─── Material provided

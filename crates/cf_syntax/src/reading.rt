//! What is at hand while names, specifiers and expressions are read.

use crate::asked::Asked;
use crate::expression::Expr;
use crate::name::Name;
use crate::operator::StepOp;
use crate::specifier::TypeSpecifier;
use cf_base::{Boxed, Bytes, Items};

/// The classes that qualify a name, as far as they were read (5.1).
#[derive(Drop)]
pub struct Qualifiers {
    /// Whether `::` stands before the first name.
    pub from_file: bool,
    /// The names of the classes, from the outside.
    pub names: Items<Bytes>,
    /// The numbers of those that are classes.
    pub classes: Items<u32>,
    /// What is asked for the next name.
    pub asked: Asked,
}

/// Specifiers, as far as they were read (7.1).
#[derive(Drop)]
pub struct Specifiers {
    pub list: Items<TypeSpecifier>,
    /// Whether one of them names a type.
    pub has_type: bool,
}

/// What stands behind an operand (5.2), at its first token.
#[derive(Drop)]
pub enum Suffix {
    Index(u32, Boxed<Expr>),
    Call(u32, Items<Expr>),
    Dot(u32, Name),
    Arrow(u32, Name),
    Step(u32, StepOp),
}

/// Whether a declarator has a name (8, 8.1).
#[derive(Clone, Copy, Debug, PartialEq, Eq)]
pub enum DeclaratorKind {
    /// It has one.
    Named,
    /// It has none.
    Abstract,
    /// It may have one.
    Either,
}
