use crate::specifier::{Pointer, TypeSpecifier};
use cf_base::{Bytes, Items};

/// Names joined by `::`, with the place of the first token: a type's name (`qtype`), or a name that a
/// class key or a member initialiser takes (`qid`).
#[derive(Drop)]
pub struct Path {
    pub at: u32,
    /// Whether `::` stands before the first name.
    pub from_file: bool,
    pub names: Items<Bytes>,
}

/// A name with the classes that qualify it (5.1).
#[derive(Drop)]
pub struct Name {
    /// The place of the first token.
    pub at: u32,
    /// Whether `::` stands before the first name.
    pub from_file: bool,
    /// The names of the classes, from the outside.
    pub scopes: Items<Bytes>,
    /// The place of the last part.
    pub last_at: u32,
    pub last: Last,
}

/// The last part of a name.
#[derive(Drop)]
pub enum Last {
    Ident(Bytes),
    /// `~` and a name (12.4).
    Destructor(Bytes),
    /// `operator` and a sign, by its number in the table of link names (13.4).
    Operator(u8),
    /// `operator` and a type (12.3.2).
    Conversion(Items<TypeSpecifier>, Items<Pointer>),
}
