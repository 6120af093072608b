//! Whether the function is there in which a static object stands.

ghost use Rattle.std.specs.Prelude.{◌≡◌, ◌||◌, List, ℕ, IfOk, OnOk};
ghost use Rattle.cf_core.specs.FromTypes.{Tables as TablesOf};
ghost use Rattle.cf_name_list.specs.Names.{is_in};
ghost use Rattle.cf_plain.specs.View.{static_of};
ghost use Rattle.cf_lowerable_known.specs.Owned as owned;

use cf_base::Memory;
use cf_name_list::Names;
use cf_plain::{PlainFn, PlainStatic};
use std::alloc::Global;

/// Puts the names of functions among others.
fn add_functions<'a>(names: &mut Names<'a>, functions: &'a [PlainFn]) -> Result<(), Memory>
    ensures { (q : List ℕ) → OnOk result (is_in names.new q ≡ (is_in (owned.names_of functions.now) q || is_in names.old q)) }
{
    for function in functions {
        names.add(function.name.as_slice())?;
    }
    Ok(())
}

/// The names of functions.
pub(crate) fn names_of<'a>(alloc: Global, functions: &'a [PlainFn]) -> Result<Names<'a>, Memory>
    ensures { (q : List ℕ) → IfOk result (λ names. is_in names q ≡ is_in (owned.names_of functions.now) q) }
{
    let mut names = Names::new(alloc);
    add_functions(&mut names, functions)?;
    Ok(names)
}

/// Whether the function in which a static object stands has one of these names; what is shared stands in one.
pub(crate) fn is_owned(names: &Names<'_>, object: &PlainStatic) -> bool
    ensures { (tables : TablesOf) → result ≡ owned.owner_in names.now (static_of tables object.now) }
{
    match &object.owner {
        None => !object.is_shared,
        Some(name) => names.has(name.as_slice()),
    }
}

/// Where the literals of a static object's initialiser are numbered.
pub(crate) fn owner_of(object: &PlainStatic) -> &[u8]
    ensures { result.now ≡ owned.owner_or object.now.owner }
{
    match &object.owner {
        None => b"__sti".as_slice(),
        Some(name) => name.as_slice(),
    }
}
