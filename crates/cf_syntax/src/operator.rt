/// A unary operator before its operand (5.3).
#[derive(Clone, Copy, Debug, PartialEq, Eq)]
pub enum PrefixOp {
    Dereference,
    AddressOf,
    Plus,
    Minus,
    Not,
    Complement,
}

/// `++` or `--`, before or behind its operand (5.2.5, 5.3.1).
#[derive(Clone, Copy, Debug, PartialEq, Eq)]
pub enum StepOp {
    Increment,
    Decrement,
}

/// A binary operator (5.5 to 5.15).
#[derive(Clone, Copy, Debug, PartialEq, Eq)]
pub enum BinaryOp {
    LogicalOr,
    LogicalAnd,
    BitOr,
    BitXor,
    BitAnd,
    Equal,
    NotEqual,
    Less,
    Greater,
    LessEqual,
    GreaterEqual,
    ShiftLeft,
    ShiftRight,
    Add,
    Subtract,
    Multiply,
    Divide,
    Remainder,
    /// `.*`
    DotStar,
    /// `->*`
    ArrowStar,
}

/// An assignment operator (5.17).
#[derive(Clone, Copy, Debug, PartialEq, Eq)]
pub enum AssignOp {
    Assign,
    Multiply,
    Divide,
    Remainder,
    Add,
    Subtract,
    ShiftLeft,
    ShiftRight,
    BitAnd,
    BitXor,
    BitOr,
}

──────

• [Your goal]:
What's wanted is a faithful copy of each entry above.

• [Task response]:
filename crates/cf_syntax/src/reading.rt
//! What is at hand while names, specifiers and expressions are read.

use crate::asked::Asked;
use crate::expression::Expr;
use crate::name::Name;
use crate::operator::StepOp;
use crate::specifier::TypeSpecifier;
use cf_base::{Boxed, Bytes, Items};

/// The classes that qualify a name, as far as they were read (5.1).
#[derive(Drop)]
pub struct Qualifiers {
    /// Whether `::` stands before the first name.
    pub from_file: bool,
    /// The names of the classes, from the outside.
    pub names: Items<Bytes>,
    /// The numbers of those that are classes.
    pub classes: Items<u32>,
    /// What is asked for the next name.
    pub asked: Asked,
}

/// Specifiers, as far as they were read (7.1).
#[derive(Drop)]
pub struct Specifiers {
    pub list: Items<TypeSpecifier>,
    /// Whether one of them names a type.
    pub has_type: bool,
}

/// What stands behind an operand (5.2), at its first token.
#[derive(Drop)]
pub enum Suffix {
    Index(u32, Boxed<Expr>),
    Call(u32, Items<Expr>),
    Dot(u32, Name),
    Arrow(u32, Name),
    Step(u32, StepOp),
}

/// Whether a declarator has a name (8, 8.1).
#[derive(Clone, Copy, Debug, PartialEq, Eq)]
pub enum DeclaratorKind {
    /// It has one.
    Named,
    /// It has none.
    Abstract,
    /// It may have one.
    Either,
}
use crate::specifier::{Pointer, TypeSpecifier};
use cf_base::{Bytes, Items};

/// Names joined by `::`, with the place of the first token: a type's name (`qtype`), or a name that a
/// class key or a member initialiser takes (`qid`).
#[derive(Drop)]
pub struct Path {
    pub at: u32,
    /// Whether `::` stands before the first name.
    pub from_file: bool,
    pub names: Items<Bytes>,
}

/// A name with the classes that qualify it (5.1).
#[derive(Drop)]
pub struct Name {
    /// The place of the first token.
    pub at: u32,
    /// Whether `::` stands before the first name.
    pub from_file: bool,
    /// The names of the classes, from the outside.
    pub scopes: Items<Bytes>,
    /// The place of the last part.
    pub last_at: u32,
    pub last: Last,
}

/// The last part of a name.
#[derive(Drop)]
pub enum Last {
    Ident(Bytes),
    /// `~` and a name (12.4).
    Destructor(Bytes),
    /// `operator` and a sign, by its number in the table of link names (13.4).
    Operator(u8),
    /// `operator` and a type (12.3.2).
    Conversion(Items<TypeSpecifier>, Items<Pointer>),
}
repository 6120af093072608b
//! Whether the function is there in which a static object stands.

ghost use Rattle.std.specs.Prelude.{◌≡◌, ◌||◌, List, ℕ, IfOk, OnOk};
ghost use Rattle.cf_core.specs.FromTypes.{Tables as TablesOf};
ghost use Rattle.cf_name_list.specs.Names.{is_in};
ghost use Rattle.cf_plain.specs.View.{static_of};
ghost use Rattle.cf_lowerable_known.specs.Owned as owned;

use cf_base::Memory;
use cf_name_list::Names;
use cf_plain::{PlainFn, PlainStatic};
use std::alloc::Global;

/// Puts the names of functions among others.
fn add_functions<'a>(names: &mut Names<'a>, functions: &'a [PlainFn]) -> Result<(), Memory>
    ensures { (q : List ℕ) → OnOk result (is_in names.new q ≡ (is_in (owned.names_of functions.now) q || is_in names.old q)) }
{
    for function in functions {
        names.add(function.name.as_slice())?;
    }
    Ok(())
}

/// The names of functions.
pub(crate) fn names_of<'a>(alloc: Global, functions: &'a [PlainFn]) -> Result<Names<'a>, Memory>
    ensures { (q : List ℕ) → IfOk result (λ names. is_in names q ≡ is_in (owned.names_of functions.now) q) }
{
    let mut names = Names::new(alloc);
    add_functions(&mut names, functions)?;
    Ok(names)
}

/// Whether the function in which a static object stands has one of these names; what is shared stands in one.
pub(crate) fn is_owned(names: &Names<'_>, object: &PlainStatic) -> bool
    ensures { (tables : TablesOf) → result ≡ owned.owner_in names.now (static_of tables object.now) }
{
    match &object.owner {
        None => !object.is_shared,
        Some(name) => names.has(name.as_slice()),
    }
}

/// Where the literals of a static object's initialiser are numbered.
pub(crate) fn owner_of(object: &PlainStatic) -> &[u8]
    ensures { result.now ≡ owned.owner_or object.now.owner }
{
    match &object.owner {
        None => b"__sti".as_slice(),
        Some(name) => name.as_slice(),
    }
}
filename crates/cf_syntax/src/operator.rt
/// A unary operator before its operand (5.3).
#[derive(Clone, Copy, Debug, PartialEq, Eq)]
pub enum PrefixOp {
    Dereference,
    AddressOf,
    Plus,
    Minus,
    Not,
    Complement,
}

/// `++` or `--`, before or behind its operand (5.2.5, 5.3.1).
#[derive(Clone, Copy, Debug, PartialEq, Eq)]
pub enum StepOp {
    Increment,
    Decrement,
}

/// A binary operator (5.5 to 5.15).
#[derive(Clone, Copy, Debug, PartialEq, Eq)]
pub enum BinaryOp {
    LogicalOr,
    LogicalAnd,
    BitOr,
    BitXor,
    BitAnd,
    Equal,
    NotEqual,
    Less,
    Greater,
    LessEqual,
    GreaterEqual,
    ShiftLeft,
    ShiftRight,
    Add,
    Subtract,
    Multiply,
    Divide,
    Remainder,
    /// `.*`
    DotStar,
    /// `->*`
    ArrowStar,
}

/// An assignment operator (5.17).
#[derive(Clone, Copy, Debug, PartialEq, Eq)]
pub enum AssignOp {
    Assign,
    Multiply,
    Divide,
    Remainder,
    Add,
    Subtract,
    ShiftLeft,
    ShiftRight,
    BitAnd,
    BitXor,
    BitOr,
}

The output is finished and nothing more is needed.